■ Records provided:
^^^^^^^^

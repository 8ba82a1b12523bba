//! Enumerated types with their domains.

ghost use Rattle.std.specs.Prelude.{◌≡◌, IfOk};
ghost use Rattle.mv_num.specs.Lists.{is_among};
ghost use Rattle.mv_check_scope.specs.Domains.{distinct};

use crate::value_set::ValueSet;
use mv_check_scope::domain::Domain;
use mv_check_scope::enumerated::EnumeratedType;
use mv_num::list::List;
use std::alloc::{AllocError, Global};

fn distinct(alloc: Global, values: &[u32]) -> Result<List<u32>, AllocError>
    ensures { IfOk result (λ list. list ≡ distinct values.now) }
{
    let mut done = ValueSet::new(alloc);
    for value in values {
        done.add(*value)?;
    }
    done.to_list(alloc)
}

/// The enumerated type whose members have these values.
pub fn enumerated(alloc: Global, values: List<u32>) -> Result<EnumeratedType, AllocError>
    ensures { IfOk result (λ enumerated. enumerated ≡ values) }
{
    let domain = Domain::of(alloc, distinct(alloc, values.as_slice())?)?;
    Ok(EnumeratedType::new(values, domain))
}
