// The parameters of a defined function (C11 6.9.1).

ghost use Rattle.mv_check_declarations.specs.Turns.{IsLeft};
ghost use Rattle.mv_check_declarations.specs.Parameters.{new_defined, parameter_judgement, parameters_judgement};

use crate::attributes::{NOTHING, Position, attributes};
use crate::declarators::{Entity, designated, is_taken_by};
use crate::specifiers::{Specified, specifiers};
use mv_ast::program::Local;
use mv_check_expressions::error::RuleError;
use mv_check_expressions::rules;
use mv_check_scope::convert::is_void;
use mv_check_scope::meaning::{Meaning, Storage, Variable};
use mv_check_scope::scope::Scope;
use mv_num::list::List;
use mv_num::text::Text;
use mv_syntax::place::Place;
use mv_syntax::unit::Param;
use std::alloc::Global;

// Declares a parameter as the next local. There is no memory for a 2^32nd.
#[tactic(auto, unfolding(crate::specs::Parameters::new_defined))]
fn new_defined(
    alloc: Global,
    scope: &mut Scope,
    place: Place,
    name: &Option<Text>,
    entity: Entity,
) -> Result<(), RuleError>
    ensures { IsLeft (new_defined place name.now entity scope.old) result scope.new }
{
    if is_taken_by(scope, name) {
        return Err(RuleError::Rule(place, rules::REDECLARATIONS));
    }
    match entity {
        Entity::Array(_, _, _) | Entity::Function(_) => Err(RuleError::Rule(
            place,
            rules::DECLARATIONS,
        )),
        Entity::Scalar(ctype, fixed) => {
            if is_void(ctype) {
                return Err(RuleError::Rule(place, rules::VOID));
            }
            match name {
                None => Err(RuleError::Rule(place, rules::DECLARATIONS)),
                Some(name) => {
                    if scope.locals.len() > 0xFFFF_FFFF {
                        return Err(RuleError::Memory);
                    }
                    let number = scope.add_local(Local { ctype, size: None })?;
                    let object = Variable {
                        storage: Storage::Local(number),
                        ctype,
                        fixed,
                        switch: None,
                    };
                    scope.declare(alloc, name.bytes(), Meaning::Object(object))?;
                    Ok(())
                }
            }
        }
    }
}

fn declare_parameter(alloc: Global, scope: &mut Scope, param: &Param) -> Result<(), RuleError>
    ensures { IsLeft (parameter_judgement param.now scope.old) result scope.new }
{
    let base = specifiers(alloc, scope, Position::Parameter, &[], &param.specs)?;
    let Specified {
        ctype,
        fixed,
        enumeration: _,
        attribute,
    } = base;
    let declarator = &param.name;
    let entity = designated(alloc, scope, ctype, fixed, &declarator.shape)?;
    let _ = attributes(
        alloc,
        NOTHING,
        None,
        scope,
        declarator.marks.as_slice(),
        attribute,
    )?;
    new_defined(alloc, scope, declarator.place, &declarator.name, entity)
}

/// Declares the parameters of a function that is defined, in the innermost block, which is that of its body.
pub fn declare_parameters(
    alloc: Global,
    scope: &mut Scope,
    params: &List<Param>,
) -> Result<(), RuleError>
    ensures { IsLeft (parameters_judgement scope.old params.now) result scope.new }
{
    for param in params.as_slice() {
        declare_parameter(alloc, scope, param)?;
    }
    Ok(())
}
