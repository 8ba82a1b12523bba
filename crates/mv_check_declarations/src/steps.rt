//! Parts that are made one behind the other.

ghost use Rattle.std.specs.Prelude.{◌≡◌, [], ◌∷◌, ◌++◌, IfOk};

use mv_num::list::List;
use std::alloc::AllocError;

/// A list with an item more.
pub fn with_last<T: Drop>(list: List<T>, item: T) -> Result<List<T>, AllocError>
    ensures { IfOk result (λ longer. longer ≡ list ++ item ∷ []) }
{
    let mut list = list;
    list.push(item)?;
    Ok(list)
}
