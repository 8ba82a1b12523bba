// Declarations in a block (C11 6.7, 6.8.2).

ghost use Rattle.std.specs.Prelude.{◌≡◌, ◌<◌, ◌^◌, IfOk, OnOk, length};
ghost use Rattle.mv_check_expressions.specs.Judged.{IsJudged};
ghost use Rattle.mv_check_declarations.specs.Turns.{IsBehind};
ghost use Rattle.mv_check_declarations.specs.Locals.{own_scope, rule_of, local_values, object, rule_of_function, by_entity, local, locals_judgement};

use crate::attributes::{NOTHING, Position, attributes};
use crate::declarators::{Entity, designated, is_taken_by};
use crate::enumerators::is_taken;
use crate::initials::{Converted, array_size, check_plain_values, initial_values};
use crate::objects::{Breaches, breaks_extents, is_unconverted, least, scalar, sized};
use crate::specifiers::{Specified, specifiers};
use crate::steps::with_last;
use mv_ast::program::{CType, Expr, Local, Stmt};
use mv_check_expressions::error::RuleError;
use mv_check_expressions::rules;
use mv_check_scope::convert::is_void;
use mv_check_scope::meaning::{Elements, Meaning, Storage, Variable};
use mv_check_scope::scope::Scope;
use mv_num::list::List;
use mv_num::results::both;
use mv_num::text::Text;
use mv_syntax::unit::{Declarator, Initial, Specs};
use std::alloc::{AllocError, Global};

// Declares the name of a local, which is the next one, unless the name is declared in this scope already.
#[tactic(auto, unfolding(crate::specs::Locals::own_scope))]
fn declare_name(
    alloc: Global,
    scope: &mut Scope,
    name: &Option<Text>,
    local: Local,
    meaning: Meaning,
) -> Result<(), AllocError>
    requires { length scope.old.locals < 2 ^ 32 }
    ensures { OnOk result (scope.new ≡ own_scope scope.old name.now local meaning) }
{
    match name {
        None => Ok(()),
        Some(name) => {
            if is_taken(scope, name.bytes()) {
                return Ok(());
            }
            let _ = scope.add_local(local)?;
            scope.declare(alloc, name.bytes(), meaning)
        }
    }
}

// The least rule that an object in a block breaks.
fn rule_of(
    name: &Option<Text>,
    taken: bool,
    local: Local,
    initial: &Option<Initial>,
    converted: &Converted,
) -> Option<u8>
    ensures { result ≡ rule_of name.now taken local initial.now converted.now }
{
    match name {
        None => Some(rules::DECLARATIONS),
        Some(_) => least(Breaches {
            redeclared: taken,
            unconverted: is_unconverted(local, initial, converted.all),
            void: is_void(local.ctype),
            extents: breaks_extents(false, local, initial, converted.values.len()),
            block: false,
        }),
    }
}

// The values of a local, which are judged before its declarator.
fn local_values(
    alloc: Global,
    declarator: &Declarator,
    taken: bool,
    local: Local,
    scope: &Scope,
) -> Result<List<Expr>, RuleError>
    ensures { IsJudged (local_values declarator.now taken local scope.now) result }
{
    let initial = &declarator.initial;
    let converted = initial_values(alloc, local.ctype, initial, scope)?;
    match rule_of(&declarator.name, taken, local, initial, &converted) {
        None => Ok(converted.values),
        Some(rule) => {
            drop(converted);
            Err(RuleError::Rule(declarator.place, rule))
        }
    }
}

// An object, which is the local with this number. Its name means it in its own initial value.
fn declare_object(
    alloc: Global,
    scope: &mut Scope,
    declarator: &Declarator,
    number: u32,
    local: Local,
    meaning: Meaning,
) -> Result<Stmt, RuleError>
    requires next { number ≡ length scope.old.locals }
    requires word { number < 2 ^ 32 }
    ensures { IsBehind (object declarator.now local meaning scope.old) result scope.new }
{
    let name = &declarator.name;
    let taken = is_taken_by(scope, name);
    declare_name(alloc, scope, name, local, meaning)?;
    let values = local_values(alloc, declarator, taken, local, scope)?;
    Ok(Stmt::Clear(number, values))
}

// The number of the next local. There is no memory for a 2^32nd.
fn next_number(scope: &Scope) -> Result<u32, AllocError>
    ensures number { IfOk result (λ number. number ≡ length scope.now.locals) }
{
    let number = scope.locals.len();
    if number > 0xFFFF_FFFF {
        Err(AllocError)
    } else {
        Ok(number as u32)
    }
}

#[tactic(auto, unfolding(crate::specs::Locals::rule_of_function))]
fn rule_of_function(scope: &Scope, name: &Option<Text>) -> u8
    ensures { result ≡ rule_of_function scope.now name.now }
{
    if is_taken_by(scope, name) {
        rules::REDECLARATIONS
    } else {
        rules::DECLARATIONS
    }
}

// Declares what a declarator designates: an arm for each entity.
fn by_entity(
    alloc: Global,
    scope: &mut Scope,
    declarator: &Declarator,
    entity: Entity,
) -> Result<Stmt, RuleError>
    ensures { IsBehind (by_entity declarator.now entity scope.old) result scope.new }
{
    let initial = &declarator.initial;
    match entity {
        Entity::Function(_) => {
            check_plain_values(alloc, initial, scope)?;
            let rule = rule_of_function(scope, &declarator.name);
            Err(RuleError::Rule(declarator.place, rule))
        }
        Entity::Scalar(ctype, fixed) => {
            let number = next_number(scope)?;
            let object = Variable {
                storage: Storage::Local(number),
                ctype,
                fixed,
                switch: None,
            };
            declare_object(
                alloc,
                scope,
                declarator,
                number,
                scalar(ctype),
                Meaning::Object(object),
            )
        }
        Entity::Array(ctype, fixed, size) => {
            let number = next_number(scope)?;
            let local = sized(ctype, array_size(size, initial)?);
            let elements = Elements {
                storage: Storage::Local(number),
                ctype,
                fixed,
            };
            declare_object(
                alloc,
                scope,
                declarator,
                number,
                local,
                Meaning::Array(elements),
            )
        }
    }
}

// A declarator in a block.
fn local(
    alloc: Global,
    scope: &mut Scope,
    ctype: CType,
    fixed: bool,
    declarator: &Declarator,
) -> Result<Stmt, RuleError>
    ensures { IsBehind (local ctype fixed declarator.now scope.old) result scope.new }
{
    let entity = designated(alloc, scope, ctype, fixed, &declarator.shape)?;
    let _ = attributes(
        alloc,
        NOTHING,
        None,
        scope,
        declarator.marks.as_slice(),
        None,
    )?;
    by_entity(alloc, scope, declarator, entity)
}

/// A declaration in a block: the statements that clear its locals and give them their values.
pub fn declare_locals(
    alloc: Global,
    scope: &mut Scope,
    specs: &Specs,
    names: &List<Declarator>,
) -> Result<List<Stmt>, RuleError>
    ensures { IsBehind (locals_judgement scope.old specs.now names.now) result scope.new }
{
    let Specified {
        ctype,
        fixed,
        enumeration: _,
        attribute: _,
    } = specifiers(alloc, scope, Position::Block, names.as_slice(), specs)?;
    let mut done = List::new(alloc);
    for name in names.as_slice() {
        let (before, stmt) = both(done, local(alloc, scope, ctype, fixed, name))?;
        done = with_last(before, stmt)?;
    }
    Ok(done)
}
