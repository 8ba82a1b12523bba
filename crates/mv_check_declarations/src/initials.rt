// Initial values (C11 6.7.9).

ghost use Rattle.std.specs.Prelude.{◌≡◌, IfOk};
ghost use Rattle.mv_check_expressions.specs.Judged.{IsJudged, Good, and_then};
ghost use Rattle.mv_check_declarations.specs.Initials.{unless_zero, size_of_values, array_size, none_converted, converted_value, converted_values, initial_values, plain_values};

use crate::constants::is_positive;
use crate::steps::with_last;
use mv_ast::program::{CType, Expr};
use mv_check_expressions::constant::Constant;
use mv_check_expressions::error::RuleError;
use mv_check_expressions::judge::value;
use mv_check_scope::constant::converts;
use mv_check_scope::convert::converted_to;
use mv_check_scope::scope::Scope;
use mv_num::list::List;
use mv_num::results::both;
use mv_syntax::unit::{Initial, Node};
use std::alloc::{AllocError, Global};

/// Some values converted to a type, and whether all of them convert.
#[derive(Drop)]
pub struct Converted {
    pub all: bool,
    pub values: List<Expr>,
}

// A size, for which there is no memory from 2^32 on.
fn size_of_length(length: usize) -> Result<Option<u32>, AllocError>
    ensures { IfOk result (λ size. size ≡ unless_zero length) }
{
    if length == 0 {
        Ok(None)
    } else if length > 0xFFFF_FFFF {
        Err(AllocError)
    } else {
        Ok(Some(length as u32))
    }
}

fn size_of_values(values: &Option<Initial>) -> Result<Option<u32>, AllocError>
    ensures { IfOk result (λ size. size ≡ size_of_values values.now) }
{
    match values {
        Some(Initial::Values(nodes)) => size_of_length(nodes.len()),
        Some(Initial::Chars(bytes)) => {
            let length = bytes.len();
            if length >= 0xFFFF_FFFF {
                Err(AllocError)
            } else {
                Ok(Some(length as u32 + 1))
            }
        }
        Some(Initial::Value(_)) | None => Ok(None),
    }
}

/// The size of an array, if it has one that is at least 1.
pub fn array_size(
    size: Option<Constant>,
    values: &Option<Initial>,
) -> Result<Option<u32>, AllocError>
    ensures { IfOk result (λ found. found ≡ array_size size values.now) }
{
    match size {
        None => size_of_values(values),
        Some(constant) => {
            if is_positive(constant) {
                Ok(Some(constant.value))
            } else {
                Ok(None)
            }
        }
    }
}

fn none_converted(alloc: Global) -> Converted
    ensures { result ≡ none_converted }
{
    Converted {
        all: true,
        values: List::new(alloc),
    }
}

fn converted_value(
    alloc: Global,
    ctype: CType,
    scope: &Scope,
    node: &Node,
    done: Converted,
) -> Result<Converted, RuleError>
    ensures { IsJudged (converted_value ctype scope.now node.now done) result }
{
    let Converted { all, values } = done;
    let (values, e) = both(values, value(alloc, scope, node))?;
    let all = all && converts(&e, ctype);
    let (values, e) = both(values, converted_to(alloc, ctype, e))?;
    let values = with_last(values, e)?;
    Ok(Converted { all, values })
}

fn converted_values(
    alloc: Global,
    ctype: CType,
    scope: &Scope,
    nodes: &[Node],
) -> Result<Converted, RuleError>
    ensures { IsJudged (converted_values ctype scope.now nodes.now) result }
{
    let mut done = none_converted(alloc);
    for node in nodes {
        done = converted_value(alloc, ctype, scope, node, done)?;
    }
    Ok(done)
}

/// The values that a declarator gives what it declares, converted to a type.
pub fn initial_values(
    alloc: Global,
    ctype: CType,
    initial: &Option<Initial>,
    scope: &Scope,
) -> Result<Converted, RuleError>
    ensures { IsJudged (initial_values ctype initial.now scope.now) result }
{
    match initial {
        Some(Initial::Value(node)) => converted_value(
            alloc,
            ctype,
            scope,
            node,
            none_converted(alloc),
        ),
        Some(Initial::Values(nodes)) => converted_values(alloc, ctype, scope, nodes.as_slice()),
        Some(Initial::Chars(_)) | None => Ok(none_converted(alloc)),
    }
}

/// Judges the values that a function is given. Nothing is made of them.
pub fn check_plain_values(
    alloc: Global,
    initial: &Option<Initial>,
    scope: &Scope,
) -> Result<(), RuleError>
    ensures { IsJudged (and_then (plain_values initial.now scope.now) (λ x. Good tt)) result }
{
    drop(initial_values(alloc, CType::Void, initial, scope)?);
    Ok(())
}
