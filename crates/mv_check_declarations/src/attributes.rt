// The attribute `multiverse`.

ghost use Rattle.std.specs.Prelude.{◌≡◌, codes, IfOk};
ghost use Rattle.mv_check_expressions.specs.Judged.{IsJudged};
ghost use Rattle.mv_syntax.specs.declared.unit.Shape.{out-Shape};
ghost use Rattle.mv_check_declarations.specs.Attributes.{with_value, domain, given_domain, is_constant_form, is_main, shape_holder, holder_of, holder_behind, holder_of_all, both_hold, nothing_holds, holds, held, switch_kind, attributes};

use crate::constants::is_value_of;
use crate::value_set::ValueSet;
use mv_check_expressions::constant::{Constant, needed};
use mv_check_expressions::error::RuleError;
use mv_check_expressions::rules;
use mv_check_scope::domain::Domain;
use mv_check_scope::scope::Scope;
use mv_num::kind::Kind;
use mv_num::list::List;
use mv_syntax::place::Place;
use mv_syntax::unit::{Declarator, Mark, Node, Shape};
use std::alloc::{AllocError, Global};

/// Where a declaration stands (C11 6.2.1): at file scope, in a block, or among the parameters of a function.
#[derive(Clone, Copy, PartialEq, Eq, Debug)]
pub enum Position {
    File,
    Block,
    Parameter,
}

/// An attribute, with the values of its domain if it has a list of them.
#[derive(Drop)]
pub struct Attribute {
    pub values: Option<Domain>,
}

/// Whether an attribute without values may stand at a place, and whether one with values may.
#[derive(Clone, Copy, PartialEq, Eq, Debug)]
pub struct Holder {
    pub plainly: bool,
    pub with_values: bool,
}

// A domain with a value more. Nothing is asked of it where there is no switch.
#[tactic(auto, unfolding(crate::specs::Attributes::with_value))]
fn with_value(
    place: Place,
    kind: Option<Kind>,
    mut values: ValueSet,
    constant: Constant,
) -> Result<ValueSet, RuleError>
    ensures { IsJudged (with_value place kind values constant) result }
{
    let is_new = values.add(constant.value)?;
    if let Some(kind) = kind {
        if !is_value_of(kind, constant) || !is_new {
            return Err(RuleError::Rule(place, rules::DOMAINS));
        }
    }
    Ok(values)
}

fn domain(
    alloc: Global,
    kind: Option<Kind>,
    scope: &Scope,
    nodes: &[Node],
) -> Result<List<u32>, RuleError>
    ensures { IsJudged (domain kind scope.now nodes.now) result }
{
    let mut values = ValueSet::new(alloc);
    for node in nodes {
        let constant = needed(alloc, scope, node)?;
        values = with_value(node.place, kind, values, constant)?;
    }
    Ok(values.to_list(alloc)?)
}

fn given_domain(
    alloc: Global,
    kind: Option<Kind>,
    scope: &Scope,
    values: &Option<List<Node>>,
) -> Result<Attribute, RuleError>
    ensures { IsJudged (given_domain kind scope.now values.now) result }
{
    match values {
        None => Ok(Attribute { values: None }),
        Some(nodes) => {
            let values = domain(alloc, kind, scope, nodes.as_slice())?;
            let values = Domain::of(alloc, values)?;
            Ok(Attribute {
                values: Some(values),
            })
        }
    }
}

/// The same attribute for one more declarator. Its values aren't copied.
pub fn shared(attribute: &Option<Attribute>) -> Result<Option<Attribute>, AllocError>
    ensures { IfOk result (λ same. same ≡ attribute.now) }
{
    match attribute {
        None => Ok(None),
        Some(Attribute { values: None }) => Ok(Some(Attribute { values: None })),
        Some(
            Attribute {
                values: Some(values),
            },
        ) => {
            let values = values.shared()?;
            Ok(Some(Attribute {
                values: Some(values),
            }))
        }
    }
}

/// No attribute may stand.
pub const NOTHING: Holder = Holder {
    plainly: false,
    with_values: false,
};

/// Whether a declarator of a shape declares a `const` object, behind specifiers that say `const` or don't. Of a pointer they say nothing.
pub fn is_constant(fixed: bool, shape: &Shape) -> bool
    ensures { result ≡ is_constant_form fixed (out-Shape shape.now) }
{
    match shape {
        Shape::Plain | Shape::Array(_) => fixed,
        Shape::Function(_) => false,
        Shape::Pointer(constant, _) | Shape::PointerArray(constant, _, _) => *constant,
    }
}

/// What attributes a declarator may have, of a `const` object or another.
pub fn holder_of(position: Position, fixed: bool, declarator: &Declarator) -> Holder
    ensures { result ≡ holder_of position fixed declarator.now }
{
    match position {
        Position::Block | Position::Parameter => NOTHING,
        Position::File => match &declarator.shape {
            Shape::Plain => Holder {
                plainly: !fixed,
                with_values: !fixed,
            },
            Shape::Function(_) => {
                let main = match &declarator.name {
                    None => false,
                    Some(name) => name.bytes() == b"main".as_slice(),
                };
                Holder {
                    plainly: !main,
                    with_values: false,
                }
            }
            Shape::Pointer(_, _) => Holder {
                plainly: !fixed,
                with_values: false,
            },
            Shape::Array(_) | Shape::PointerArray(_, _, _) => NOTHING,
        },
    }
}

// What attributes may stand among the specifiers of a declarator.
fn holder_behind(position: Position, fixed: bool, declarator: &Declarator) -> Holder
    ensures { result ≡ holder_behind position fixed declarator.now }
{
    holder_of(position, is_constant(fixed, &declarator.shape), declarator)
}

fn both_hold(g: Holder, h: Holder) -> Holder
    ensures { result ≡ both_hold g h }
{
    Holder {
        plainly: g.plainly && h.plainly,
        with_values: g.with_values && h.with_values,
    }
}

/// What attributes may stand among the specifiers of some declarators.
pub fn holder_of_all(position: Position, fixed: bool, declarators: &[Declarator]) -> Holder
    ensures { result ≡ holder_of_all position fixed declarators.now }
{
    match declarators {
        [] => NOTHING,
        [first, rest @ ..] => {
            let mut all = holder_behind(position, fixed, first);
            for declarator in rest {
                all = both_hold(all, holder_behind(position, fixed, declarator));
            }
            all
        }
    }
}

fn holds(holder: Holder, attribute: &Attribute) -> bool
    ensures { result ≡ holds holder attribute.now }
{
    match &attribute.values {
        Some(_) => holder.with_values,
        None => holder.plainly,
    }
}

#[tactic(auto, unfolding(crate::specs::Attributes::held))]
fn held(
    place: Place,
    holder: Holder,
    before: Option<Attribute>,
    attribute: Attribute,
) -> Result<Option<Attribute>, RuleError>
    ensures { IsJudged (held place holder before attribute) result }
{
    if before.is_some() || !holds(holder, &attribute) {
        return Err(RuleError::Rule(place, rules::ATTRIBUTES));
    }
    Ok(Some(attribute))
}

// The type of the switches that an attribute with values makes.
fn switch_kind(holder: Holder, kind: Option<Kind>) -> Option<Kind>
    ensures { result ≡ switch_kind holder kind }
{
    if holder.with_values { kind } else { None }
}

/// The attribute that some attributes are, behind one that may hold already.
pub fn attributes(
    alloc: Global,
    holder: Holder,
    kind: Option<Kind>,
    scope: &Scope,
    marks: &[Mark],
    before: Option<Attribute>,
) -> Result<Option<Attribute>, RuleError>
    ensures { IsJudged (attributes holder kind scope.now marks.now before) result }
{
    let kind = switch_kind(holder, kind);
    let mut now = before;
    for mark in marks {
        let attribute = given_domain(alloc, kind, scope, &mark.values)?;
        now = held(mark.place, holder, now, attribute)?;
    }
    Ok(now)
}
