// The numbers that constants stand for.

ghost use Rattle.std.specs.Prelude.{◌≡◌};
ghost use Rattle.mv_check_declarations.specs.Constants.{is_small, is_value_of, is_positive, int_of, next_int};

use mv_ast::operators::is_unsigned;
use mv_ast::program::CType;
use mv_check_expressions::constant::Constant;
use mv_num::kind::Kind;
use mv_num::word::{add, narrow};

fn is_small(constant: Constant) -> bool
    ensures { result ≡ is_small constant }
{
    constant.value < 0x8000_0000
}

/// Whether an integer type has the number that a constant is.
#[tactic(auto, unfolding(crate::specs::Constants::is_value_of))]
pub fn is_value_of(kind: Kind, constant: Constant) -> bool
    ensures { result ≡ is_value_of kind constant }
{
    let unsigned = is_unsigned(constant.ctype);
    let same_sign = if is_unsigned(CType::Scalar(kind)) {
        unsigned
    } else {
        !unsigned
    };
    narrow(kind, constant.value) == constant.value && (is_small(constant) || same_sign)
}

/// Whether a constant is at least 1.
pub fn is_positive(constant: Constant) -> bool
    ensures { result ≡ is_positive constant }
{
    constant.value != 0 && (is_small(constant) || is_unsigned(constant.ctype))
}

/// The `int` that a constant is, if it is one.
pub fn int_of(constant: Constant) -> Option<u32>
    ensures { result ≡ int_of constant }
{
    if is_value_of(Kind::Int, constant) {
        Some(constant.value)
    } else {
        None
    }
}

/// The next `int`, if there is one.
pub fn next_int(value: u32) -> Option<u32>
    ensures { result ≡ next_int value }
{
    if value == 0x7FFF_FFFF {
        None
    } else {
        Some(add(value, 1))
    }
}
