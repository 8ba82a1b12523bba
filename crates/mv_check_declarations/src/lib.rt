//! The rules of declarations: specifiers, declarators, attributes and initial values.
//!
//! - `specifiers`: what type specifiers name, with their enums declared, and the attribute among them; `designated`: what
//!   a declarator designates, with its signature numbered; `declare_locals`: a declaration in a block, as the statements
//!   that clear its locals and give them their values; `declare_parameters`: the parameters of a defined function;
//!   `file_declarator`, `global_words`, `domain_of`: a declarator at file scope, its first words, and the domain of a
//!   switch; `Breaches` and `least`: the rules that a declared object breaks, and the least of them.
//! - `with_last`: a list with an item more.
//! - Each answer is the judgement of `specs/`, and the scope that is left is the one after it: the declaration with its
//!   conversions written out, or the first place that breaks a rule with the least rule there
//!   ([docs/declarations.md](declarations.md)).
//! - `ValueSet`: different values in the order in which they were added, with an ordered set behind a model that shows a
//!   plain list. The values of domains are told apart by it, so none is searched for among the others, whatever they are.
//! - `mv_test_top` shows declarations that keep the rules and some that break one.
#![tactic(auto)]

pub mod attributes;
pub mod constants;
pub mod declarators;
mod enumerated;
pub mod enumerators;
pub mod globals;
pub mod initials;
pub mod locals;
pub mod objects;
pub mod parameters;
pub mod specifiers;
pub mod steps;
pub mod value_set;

^^^^^^^^

■ What this task involves: Out of the material above, output word for word the line with "IsJudged (attributes holder", the line with "filename crates/mv_check_declarations/src/lib.rt", and all lines between them, with nothing else.

■ Task solution:
    ensures { IsJudged (attributes holder kind scope.now marks.now before) result }
{
    let kind = switch_kind(holder, kind);
    let mut now = before;
    for mark in marks {
        let attribute = given_domain(alloc, kind, scope, &mark.values)?;
        now = held(mark.place, holder, now, attribute)?;
    }
    Ok(now)
}
// The numbers that constants stand for.

ghost use Rattle.std.specs.Prelude.{◌≡◌};
ghost use Rattle.mv_check_declarations.specs.Constants.{is_small, is_value_of, is_positive, int_of, next_int};

use mv_ast::operators::is_unsigned;
use mv_ast::program::CType;
use mv_check_expressions::constant::Constant;
use mv_num::kind::Kind;
use mv_num::word::{add, narrow};

fn is_small(constant: Constant) -> bool
    ensures { result ≡ is_small constant }
{
    constant.value < 0x8000_0000
}

/// Whether an integer type has the number that a constant is.
#[tactic(auto, unfolding(crate::specs::Constants::is_value_of))]
pub fn is_value_of(kind: Kind, constant: Constant) -> bool
    ensures { result ≡ is_value_of kind constant }
{
    let unsigned = is_unsigned(constant.ctype);
    let same_sign = if is_unsigned(CType::Scalar(kind)) {
        unsigned
    } else {
        !unsigned
    };
    narrow(kind, constant.value) == constant.value && (is_small(constant) || same_sign)
}

/// Whether a constant is at least 1.
pub fn is_positive(constant: Constant) -> bool
    ensures { result ≡ is_positive constant }
{
    constant.value != 0 && (is_small(constant) || is_unsigned(constant.ctype))
}

/// The `int` that a constant is, if it is one.
pub fn int_of(constant: Constant) -> Option<u32>
    ensures { result ≡ int_of constant }
{
    if is_value_of(Kind::Int, constant) {
        Some(constant.value)
    } else {
        None
    }
}

/// The next `int`, if there is one.
pub fn next_int(value: u32) -> Option<u32>
    ensures { result ≡ next_int value }
{
    if value == 0x7FFF_FFFF {
        None
    } else {
        Some(add(value, 1))
    }
}
repository 8ba82a1b12523bba
filename crates/mv_check_declarations/src/lib.rt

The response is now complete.